How Markets Shape Cities Summary

For the proud urban planner, Alain Bertaud’s Order without Design: How Markets Shape Cities, may quickly put them on the defensive. Indeed, many professional planners studied within design colleges, and approach the profession with the fundamental belief that quality places do not happen by accident. It’s understandable that Bertaud’s characterization of comprehensive planning as mostly a “very costly public relations operation” may compel an urban planner to quickly set the book to the side. But those who are able to suspend their own counterarguments long-enough to engage with the book’s substance may find helpful ideas and tools to integrate into their practice.

Bertaud’s central claim is that cities should be viewed as large labor markets. Planners’ two main objectives are, therefore, to increase mobility and affordability. For example, one central question for all planners to confront in Bertaud’s view could be, “How can we facilitate the most number of residents in the city to reach the most number of jobs in as little time as possible?”

In answering this question, followers of the Charles Marohn’s Strong Towns series of books will find in Bertaud’s writing a familiar call for humility by planners and city visionaries. Effective labor markets require thousands of nuanced decisions by individuals and businesses to make trade-offs such as price, location, and space. In Bertaud’s view, how can one person claim to know all these considerations, let alone manage them through regulations? While well-intentioned, Bertaud claims that such regulations, such as minimum floor space standards and detailed zoning by land use type, hurt residents, especially the poor, by restricting their participation in the full labor market.

The remaining chapters of the book work methodically through the topics of urban form, density, mobility, and affordability with this view of cities as labor markets in mind. Bertaud draws on theoretical scenarios, data-rich global case studies, and personal anecdotes to argue that planners should not try to “guide” development through a vision, but rather first seek to understand the market and plan smart investments to facilitate the market need for labor, income, amenities, and space.

In density, Bertaud would let land prices and the decisions of trade-offs in land, floor space, money, and commuting costs determine density of an area.

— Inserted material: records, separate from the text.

// References between definitions and actuals, and an order with each after those to which it refers.
ghost use Rattle.std.specs.Prelude.{◌≡◌, ◌<◌, ◌++◌, [], List, ℕ, map, IfOk, OnOk, unwrap_or};
ghost use Rattle.digraph.specs.Ordering.{IsOrder};
ghost use Rattle.smv_meaning.specs.Instances.{Instance as Specified};
ghost use Rattle.smv_meaning.specs.Phases.{body_here};
ghost use Rattle.smv_meaning.specs.Bodies.{placed_bodies, bodies_of, number_in, number_or, references_of, reference_graph, path_numbers, all_path_numbers};
ghost use Rattle.smv_references.specs.BodyOrders.{IsOrdering};
ghost use Rattle.smv_text.specs.View.{plain};
ghost use Rattle.smv_meaning.specs.Expressions.{paths_of};
ghost use Rattle.name_maps.specs.Rows.{row_in};
ghost use Rattle.smv_instances.specs.View.{instance_plain, local_plain};
ghost use Rattle.smv_references.specs.View.{body_plain, path_seen, key_of};

use crate::bodies::Body;
use crate::paths::paths_in;
use digraph::{Graph, Order, sort};
use name_maps::{InstanceRows, add_first_in, no_rows_in, row_value_in};
use smv_instances::{Known, Table};
use smv_text::{Expr, Path};
use std::alloc::Global;
use text_core::{List, Names, NoMemory};

/// The result of ordering the definitions and actuals of a model by their references.
#[derive(Drop)]
pub enum Ordering {
    /// None reaches itself. In this order of their numbers, each comes after those to which it refers.
    Ordered(List<usize>),
    /// The number of the first one that reaches itself.
    Cycle(usize),
}

/// The numbers of definitions and actuals, by instance and name.
pub type BodyNumbers<'a> = InstanceRows<'a, usize>;

/// Returns the number of each definition and actual: the place of the first one with its instance and name.
pub fn numbers_of<'a>(alloc: Global, bodies: &[Body<'a>]) -> Result<BodyNumbers<'a>, NoMemory>
    ensures { IfOk result (λ m. (i : ℕ) (x : List ℕ) → row_in m i x ≡ number_in (map key_of bodies.now) (i, x)) }
{
    let mut numbers = no_rows_in(alloc, bodies.len())?;
    for (k, body) in bodies.iter().enumerate() {
        add_first_in(&mut numbers, body.instance, body.name, k)?;
    }
    Ok(numbers)
}

fn number<'a>(numbers: &BodyNumbers<'a>, i: usize, x: &[u8]) -> usize
    ensures { result ≡ unwrap_or (row_in numbers.now i x.now) 0 }
{
    match row_value_in(numbers, i, x) {
        None => 0,
        Some(k) => k,
    }
}

// Adds the number of a name that is a definition or an actual, given the meaning of the name in its instance.
fn note<'a>(
    numbers: &BodyNumbers<'a>,
    i: usize,
    x: &[u8],
    known: Known<'a>,
    row: &mut List<usize>,
) -> Result<(), NoMemory>
    ensures { (t : List Specified) → ((j : ℕ) (y : List ℕ) → row_in numbers.now j y ≡ number_in (bodies_of t) (j, y)) → OnOk result (row.new ≡ row.old ++ map (number_or (bodies_of t)) (body_here i x.now (local_plain known.entry))) }
{
    match known {
        Known::Alias(_, _) => row.push(number(numbers, i, x))?,
        Known::Body(_, _) => row.push(number(numbers, i, x))?,
        Known::Variable(_, _) => {}
        Known::Instance => {}
        Known::Nothing => {}
    }
    Ok(())
}

// Adds the numbers of the definitions and actuals on a path.
#[tactic(auto, using(smv_meaning::specs::laws::Lists::front_is, smv_meaning::specs::laws::Lists::end_is, crate::proofs::ReferenceLemmas::path_numbers_none, crate::proofs::ReferenceLemmas::path_numbers_last, crate::proofs::ReferenceLemmas::path_numbers_more))]
fn add_path_numbers<'a>(
    table: &Table<'a>,
    numbers: &BodyNumbers<'a>,
    i: usize,
    names: &'a Names,
    row: &mut List<usize>,
) -> Result<(), NoMemory>
    requires { (i : ℕ) (x : List ℕ) → row_in numbers.now i x ≡ number_in (bodies_of (map instance_plain table.now)) (i, x) }
    ensures { OnOk result (row.new ≡ row.old ++ path_numbers (map instance_plain table.now) i names.now) }
{
    let mut at = i;
    for name in names.as_slice() {
        let x = name.bytes();
        let known = table.local(at, x);
        note(numbers, at, x, known, row)?;
        match table.instance_of_name(at, x, known) {
            None => return Ok(()),
            Some(c) => at = c,
        }
    }
    Ok(())
}

fn add_all_path_numbers<'a>(
    table: &Table<'a>,
    numbers: &BodyNumbers<'a>,
    i: usize,
    paths: &[&'a Path],
    row: &mut List<usize>,
) -> Result<(), NoMemory>
    requires { (i : ℕ) (x : List ℕ) → row_in numbers.now i x ≡ number_in (bodies_of (map instance_plain table.now)) (i, x) }
    ensures { OnOk result (row.new ≡ row.old ++ all_path_numbers (map instance_plain table.now) i (map path_seen paths.now)) }
{
    for path in paths {
        add_path_numbers(table, numbers, i, &path.names, row)?;
    }
    Ok(())
}

fn alias_row<'a>(
    alloc: Global,
    table: &Table<'a>,
    numbers: &BodyNumbers<'a>,
    j: usize,
    path: &'a Path,
) -> Result<List<usize>, NoMemory>
    requires { (i : ℕ) (x : List ℕ) → row_in numbers.now i x ≡ number_in (bodies_of (map instance_plain table.now)) (i, x) }
    ensures { IfOk result (λ row. row ≡ path_numbers (map instance_plain table.now) j path.now.names) }
{
    let mut row = List::new(alloc);
    add_path_numbers(table, numbers, j, &path.names, &mut row)?;
    Ok(row)
}

fn body_row<'a>(
    alloc: Global,
    table: &Table<'a>,
    numbers: &BodyNumbers<'a>,
    j: usize,
    e: &'a Expr,
) -> Result<List<usize>, NoMemory>
    requires { (i : ℕ) (x : List ℕ) → row_in numbers.now i x ≡ number_in (bodies_of (map instance_plain table.now)) (i, x) }
    ensures { IfOk result (λ row. row ≡ all_path_numbers (map instance_plain table.now) j (paths_of (plain e.now) [])) }
{
    let paths = paths_in(alloc, e)?;
    let mut row = List::new(alloc);
    add_all_path_numbers(table, numbers, j, paths.as_slice(), &mut row)?;
    Ok(row)
}

// The numbers of the definitions and actuals to which the given one refers.
#[tactic(auto, using(crate::proofs::ReferenceLemmas::alias_row, crate::proofs::ReferenceLemmas::body_row, crate::proofs::ReferenceLemmas::no_row))]
fn row_of<'a>(
    alloc: Global,
    table: &Table<'a>,
    numbers: &BodyNumbers<'a>,
    body: &Body<'a>,
) -> Result<List<usize>, NoMemory>
    requires { (i : ℕ) (x : List ℕ) → row_in numbers.now i x ≡ number_in (bodies_of (map instance_plain table.now)) (i, x) }
    ensures { IfOk result (λ row. row ≡ references_of (map instance_plain table.now) (key_of body.now)) }
{
    match table.local(body.instance, body.name) {
        Known::Alias(j, path) => Ok(alias_row(alloc, table, numbers, j, path)?),
        Known::Body(j, e) => Ok(body_row(alloc, table, numbers, j, e)?),
        Known::Variable(_, _) => Ok(List::new(alloc)),
        Known::Instance => Ok(List::new(alloc)),
        Known::Nothing => Ok(List::new(alloc)),
    }
}

fn graph_of<'a>(alloc: Global, table: &Table<'a>, bodies: &[Body<'a>]) -> Result<Graph, NoMemory>
    requires { map body_plain bodies.now ≡ placed_bodies (map instance_plain table.now) }
    ensures { IfOk result (λ g. g ≡ reference_graph (map instance_plain table.now)) }
{
    let numbers = numbers_of(alloc, bodies)?;
    let mut graph = List::new(alloc);
    for body in bodies {
        graph.push(row_of(alloc, table, &numbers, body)?)?;
    }
    Ok(graph)
}

fn ordering_of(order: Order) -> Ordering
    ensures { (t : List Specified) → IsOrder (reference_graph t) order → IsOrdering t result }
{
    match order {
        Order::Sorted(order) => Ordering::Ordered(order),
        Order::Returns(k) => Ordering::Cycle(k),
    }
}

/// Returns an order with each definition and actual after those to which it refers, or the first one that reaches
/// itself.
///
/// The first one is the one with the least number.
pub fn body_order<'a>(
    alloc: Global,
    table: &Table<'a>,
    bodies: &[Body<'a>],
) -> Result<Ordering, NoMemory>
    requires { map body_plain bodies.now ≡ placed_bodies (map instance_plain table.now) }
    ensures { IfOk result (IsOrdering (map instance_plain table.now)) }
{
    let graph = graph_of(alloc, table, bodies)?;
    Ok(ordering_of(sort(alloc, &graph)?))
}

Planners concerned about sprawl should, in his view, identify and minimize possible distortions in the land market.

In mobility, Bertaud advocates for planners to minimize the time and “friction” of workers to reach possible jobs, “accounting for the modes of transport that each income group can afford.” He dives into astonishing detail to account for the land consumed by each mode of transport, the cost of that land, and the passengers conveyed per hour to determine the efficiency of these transport modes in connecting people to jobs with as little friction as possible.

In affordability, Bertaud suggests planners can plan infrastructure to increase the supply of land to bring down housing costs, decrease commuting time and costs, and reduce rigidities of minimum lot and dwelling size. 

It would be a mistake to characterize Bertaud’s argument as a call for non-planning. Rather, he argues the need to shift the scope of what is planned. He offers a vision of the profession in which planners would primarily monitor spatial distribution of jobs and housing, mobility, and affordability, watch for “blinking indicators” of bottlenecks and problems, audit their regulations, and draw primarily on the concept of supply and demand to find solutions.

Those who want to criticize Bertaud’s arguments will find plenty of opportunity. Bertaud himself seems unable to escape the subjective criteria he’s critical of as he acknowledges the need to mitigate the negative impacts of incompatible land uses and the validity of preserving the “charm” of neighborhoods and towns that itself can be an economic driver. As he criticizes the “utopian” ideas of planners, the idea of a city taking his advice and making purely rational economic decisions in a 100% free market democracy is clearly its own kind of fantasy.

The bones to be picked in Bertaud’s arguments, however, do not diminish the value of what he offers to planners in Order without Design: an extensive scaffolding to become a bit smarter and more responsive in their decision-making through a better understanding of markets.